That said, as an experiment, I did about half of my Master's thesis work in
TeX. Without quick feedback on the rendered formulae, I had a much harder time
reasoning through things, so having a comfortable text editing environment
seems crucial.

That said, I wouldn't recommend using TeX as a scratchpad. It just doesn't map
well to the sets of tools that we tend to use: mini diagrams, arrows between
parts of the page, strikeout and circling text, etc.

What might work is something like e-paper that renders a handwritten document
into text. Ideally, we could turn letters into Unicode and diagrams into
vector graphics, providing tools to edit and embellish the rendered versions
if desired.

It's extremely common to edit equations and diagrams on the fly, so I would
probably feel friction with anything other that doesn't seem to just magically
"prettify" whatever I handwrite at it. Seems like a really tall order though.

------
ThinkingGuy
Some alternative/experimental music notation systems look very impressive, and
even beautiful, on paper, but with some of them I wonder if that's due to the
system itself, or the complexity of particular piece being rendered.

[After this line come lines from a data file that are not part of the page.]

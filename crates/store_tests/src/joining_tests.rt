//! Archives whose map and two epochs are written by hand, and what their opening makes of them:
//! which entries belong to which records.
ghost use Rattle.std.specs.Prelude.{ℕ, false, Ok};
ghost use Rattle.epoch_file.specs.declared.entry.Seen.{Seen};
ghost use Rattle.store_finding.specs.Joined.{JoinedEntries, JoinsOne, OfJoined};

use crate::making_tests::{MAP, ROOT, epoch, make};
use arch_base::{Form, ObjectId};
use arch_model::OpenRefusal;
use disk_model::{Disk, DiskFault, FileKind, MemDisk};
use epoch_file::{NewEntry, StoreRefusal};
use epoch_store::Store;
use fixtures::{FIRST, MOMENT, OTHER, SECOND, THIRD, add_entry, empty_disk, write};
use git_objects::{EntryKind, blob_id};
use mail_commits::text_ids;
use number_map::{Record, append};
use std::alloc::Global;
use std::test::Fail;
use store_finding::StoredEntry;

/// The epoch of a number that has no message.
const NONE: u32 = 4_294_967_295;

/// A record: the epoch and the text of its message.
#[derive(Drop)]
pub(crate) struct Line(pub(crate) u32, pub(crate) &'static [u8]);

/// An entry: its kind and its text.
#[derive(Drop)]
pub(crate) struct Entry(pub(crate) EntryKind, pub(crate) &'static [u8]);

/// What an opening finds.
#[derive(PartialEq, Eq, Drop)]
pub(crate) enum Outcome {
    /// This many entries.
    Joined(usize),
    /// Damage at an offset in an epoch.
    Damaged { epoch: u32, at: u64 },
}

/// An archive, by its records and the entries of the epochs 0 and 1, and what its opening finds.
#[derive(Drop)]
pub(crate) struct Case {
    pub(crate) records: &'static [Line],
    pub(crate) first: &'static [Entry],
    pub(crate) second: &'static [Entry],
    pub(crate) outcome: Outcome,
}

/// Returns the record of a number.
fn record(number: u32, Line(epoch, text): &Line) -> Record {
    let blob = if *epoch == NONE {
        ObjectId::Sha1([0; 20])
    } else {
        blob_id(text, Form::Sha1)
    };
    Record {
        number,
        epoch: *epoch,
        blob,
    }
}

/// Appends a record to the map.
fn add_record(disk: &mut MemDisk, number: u32, line: &Line) -> Result<(), DiskFault> {
    let at = disk.length(MAP)?;
    if at > 1 << 40 {
        return Err(DiskFault);
    }
    append(disk, MAP, at, &record(number, line))
}

/// Appends the records of the numbers from 1 on to the map, and returns the next number.
fn add_records(disk: &mut MemDisk, lines: &[Line]) -> Result<u32, DiskFault> {
    let mut number = 1u32;
    for line in lines {
        add_record(disk, number, line)?;
        number = number.saturating_add(1);
    }
    Ok(number)
}

/// Writes the file of an epoch, of generation 1, and returns its length.
fn write_epoch(
    alloc: Global,
    disk: &mut MemDisk,
    number: u32,
    entries: &[Entry],
) -> Result<u64, StoreRefusal> {
    let mut end = 0;
    let mut parent = None;
    for Entry(kind, text) in entries {
        let new = NewEntry {
            kind: *kind,
            text,
            ids: text_ids(text, Form::Sha1),
            moment: MOMENT,
            parent,
            form: Form::Sha1,
        };
        let written = add_entry(alloc, disk, epoch(number, 1), end, &new)?;
        end = written.end;
        parent = Some(written.commit);
    }
    Ok(end)
}

/// The offsets in the root file of fields of the first slot: the next number, the length of the map, and
/// the generation and the length of the first two epochs.
const NEXT_AT: u64 = 1024 + 95;

const MAP_AT: u64 = 1024 + 107;

const FIRST_AT: u64 = 1024 + 115;

const SECOND_AT: u64 = 1024 + 131;

/// Has the root in the first slot name so many bytes of an epoch, whose fields are at this offset.
fn name_epoch(disk: &mut MemDisk, at: u64, length: u64) -> Result<(), DiskFault> {
    let generation = if length == 0 { 0u64 } else { 1u64 };
    write(disk, ROOT, at, &generation.to_be_bytes())?;
    write(disk, ROOT, at.saturating_add(8), &length.to_be_bytes())
}

/// Has the root in the first slot name the records below a number.
fn name_map(disk: &mut MemDisk, next: u32) -> Result<(), DiskFault> {
    let length = (next as u64).saturating_sub(1).saturating_mul(28);
    write(disk, ROOT, NEXT_AT, &next.to_be_bytes())?;
    write(disk, ROOT, MAP_AT, &length.to_be_bytes())
}

/// Returns the disk of an archive that is written by hand.
pub(crate) fn written(alloc: Global, case: &Case) -> Result<MemDisk, StoreRefusal> {
    let mut disk = empty_disk(alloc);
    make(alloc, &mut disk, 316)?;
    write_case(alloc, &mut disk, case)?;
    Ok(disk)
}

/// Writes the map and the epochs of an archive, and names them in its root, which named none.
fn write_case(alloc: Global, disk: &mut MemDisk, case: &Case) -> Result<(), StoreRefusal> {
    let next = add_records(disk, case.records)?;
    let first = write_epoch(alloc, disk, 0, case.first)?;
    let second = write_epoch(alloc, disk, 1, case.second)?;
    name_map(disk, next)?;
    name_epoch(disk, FIRST_AT, first)?;
    name_epoch(disk, SECOND_AT, second)?;
    Ok(())
}

/// Returns what the opening of a disk finds.
fn opened(alloc: Global, disk: &mut MemDisk) -> Result<Outcome, OpenRefusal> {
    match Store::open(alloc, disk) {
        Ok((store, _index)) => Ok(Outcome::Joined(store.stored().len())),
        Err(OpenRefusal::Damaged { file, at }) if file.kind == FileKind::Epoch => {
            Ok(Outcome::Damaged {
                epoch: file.number,
                at,
            })
        }
        Err(refusal) => Err(refusal),
    }
}

/// The number, the epoch and the offset of an entry.
#[derive(Drop)]
pub(crate) struct Placed {
    pub(crate) number: u32,
    pub(crate) epoch: u32,
    pub(crate) at: u64,
}

/// Returns whether entries have these numbers, epochs and offsets.
fn are_placed(entries: &[StoredEntry], wanted: &[Placed]) -> bool {
    if entries.len() != wanted.len() {
        return false;
    }
    for (entry, placed) in entries.iter().zip(wanted) {
        let there = entry.epoch == placed.epoch && entry.seen.at == placed.at;
        if entry.number != placed.number || !there {
            return false;
        }
    }
    true
}

/// Returns whether the opening of an archive finds entries with these numbers, epochs and offsets.
pub(crate) fn opens_with(alloc: Global, case: &Case, wanted: &[Placed]) -> Result<bool, Fail> {
    let mut disk = written(alloc, case)?;
    let (store, _index) = Store::open(alloc, &mut disk)?;
    Ok(are_placed(store.stored(), wanted))
}

/// An entry, alone and before another one.
pub(crate) const ONE: &[Entry] = &[Entry(EntryKind::Message, FIRST)];

const TWO: &[Entry] = &[
    Entry(EntryKind::Message, FIRST),
    Entry(EntryKind::Message, SECOND),
];

/// Records of three messages, with a number without a message after the first and after the last.
static WITH_GAPS: Case = Case {
    records: &[
        Line(0, FIRST),
        Line(NONE, b""),
        Line(0, SECOND),
        Line(1, THIRD),
        Line(NONE, b""),
    ],
    first: TWO,
    second: &[Entry(EntryKind::Message, THIRD)],
    outcome: Outcome::Joined(3),
};

/// The entries of those messages.
const PLACED: [Placed; 3] = [
    Placed {
        number: 1,
        epoch: 0,
        at: 8,
    },
    Placed {
        number: 3,
        epoch: 0,
        at: 316,
    },
    Placed {
        number: 4,
        epoch: 1,
        at: 8,
    },
];

#[test]
fn entries_get_the_numbers_of_the_records_that_have_a_message(rt: HostRuntime) -> Result<(), Fail> {
    assert!(rt; is_opened_so(rt.alloc(), &WITH_GAPS)?);
    assert!(rt; opens_with(rt.alloc(), &WITH_GAPS, &PLACED)?);
    Ok(())
}

/// Returns whether the opening of an archive finds what it should.
pub(crate) fn is_opened_so(alloc: Global, case: &Case) -> Result<bool, Fail> {
    let mut disk = written(alloc, case)?;
    let outcome = opened(alloc, &mut disk)?;
    Ok(outcome == case.outcome)
}

/// Archives whose entries should each be the next of the map.
static WANTED: [Case; 9] = [
    // All is well: no entry, and one in the epoch 1.
    Case {
        records: &[],
        first: &[],
        second: &[],
        outcome: Outcome::Joined(0),
    },
    Case {
        records: &[Line(NONE, b""), Line(1, FIRST)],
        first: &[],
        second: ONE,
        outcome: Outcome::Joined(1),
    },
    // Another epoch, another blob, a deletion, and no record.
    Case {
        records: &[Line(1, FIRST)],
        first: ONE,
        second: &[],
        outcome: Outcome::Damaged { epoch: 0, at: 8 },
    },
    Case {
        records: &[Line(0, FIRST)],
        first: &[],
        second: ONE,
        outcome: Outcome::Damaged { epoch: 1, at: 8 },
    },
    Case {
        records: &[Line(0, SECOND)],
        first: ONE,
        second: &[],
        outcome: Outcome::Damaged { epoch: 0, at: 8 },
    },
    Case {
        records: &[Line(0, FIRST)],
        first: &[Entry(EntryKind::Deletion, FIRST)],
        second: &[],
        outcome: Outcome::Damaged { epoch: 0, at: 8 },
    },
    Case {
        records: &[],
        first: ONE,
        second: &[],
        outcome: Outcome::Damaged { epoch: 0, at: 8 },
    },
    // The records in another order, and another record for the second entry.
    Case {
        records: &[Line(0, SECOND), Line(0, FIRST)],
        first: TWO,
        second: &[],
        outcome: Outcome::Damaged { epoch: 0, at: 8 },
    },
    Case {
        records: &[Line(0, FIRST), Line(0, THIRD)],
        first: TWO,
        second: &[],
        outcome: Outcome::Damaged { epoch: 0, at: 316 },
    },
];

#[test]
fn the_first_entry_that_does_not_belong_there_is_found(rt: HostRuntime) -> Result<(), Fail> {
    for (index, case) in WANTED.iter().enumerate() {
        assert!(rt; is_opened_so(rt.alloc(), case)?, "row {index}");
    }
    Ok(())
}

/// Archives whose entries should have ids of their own and be as many as the records.
static OWN: [Case; 7] = [
    // One live own id in two epochs and in one, one text in two, and none of these.
    Case {
        records: &[Line(0, FIRST), Line(1, OTHER)],
        first: ONE,
        second: &[Entry(EntryKind::Message, OTHER)],
        outcome: Outcome::Damaged { epoch: 1, at: 8 },
    },
    Case {
        records: &[Line(0, FIRST), Line(0, OTHER)],
        first: &[
            Entry(EntryKind::Message, FIRST),
            Entry(EntryKind::Message, OTHER),
        ],
        second: &[],
        outcome: Outcome::Damaged { epoch: 0, at: 316 },
    },
    Case {
        records: &[Line(0, FIRST), Line(1, FIRST)],
        first: ONE,
        second: ONE,
        outcome: Outcome::Damaged { epoch: 1, at: 8 },
    },
    Case {
        records: &[Line(0, FIRST), Line(1, SECOND)],
        first: ONE,
        second: &[Entry(EntryKind::Message, SECOND)],
        outcome: Outcome::Joined(2),
    },
    // A record more than there are entries: the damage is at the end of its epoch.
    Case {
        records: &[Line(0, FIRST), Line(1, SECOND)],
        first: ONE,
        second: &[],
        outcome: Outcome::Damaged { epoch: 1, at: 0 },
    },
    Case {
        records: &[Line(63, FIRST)],
        first: &[],
        second: &[],
        outcome: Outcome::Damaged { epoch: 63, at: 0 },
    },
    Case {
        records: &[Line(1, FIRST), Line(0, SECOND)],
        first: &[],
        second: ONE,
        outcome: Outcome::Damaged { epoch: 0, at: 0 },
    },
];

/// An entry with the blob id of an earlier one and another text isn't joined, whatever it is.
///
/// No file can show this, since no two texts of one blob id are known.
fn a_blob_id_has_one_text()
    ensures { (old new : JoinedEntries) (epoch : ℕ) (seen : Seen)
        → JoinsOne old epoch seen false (Ok new) → OfJoined old (λ of entries. ⊥) }
{}

#[test]
fn an_id_stands_once_and_each_message_has_an_entry(rt: HostRuntime) -> Result<(), Fail> {
    a_blob_id_has_one_text();
    for (index, case) in OWN.iter().enumerate() {
        assert!(rt; is_opened_so(rt.alloc(), case)?, "row {index}");
    }
    Ok(())
}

In the coding world, we have "Hello World" and Fizzbuzz. It would be nice if
alternative music notation systems had something similar: A simple, familiar
melody (candidates that come to mind are "Happy Birthday to You," and
"Twinkle, Twinkle, Little Star") that, by rendering it in the new notation
system, demonstrated the fundamental features of that system, and could be
easily understood by someone knowledgeable in the traditional system.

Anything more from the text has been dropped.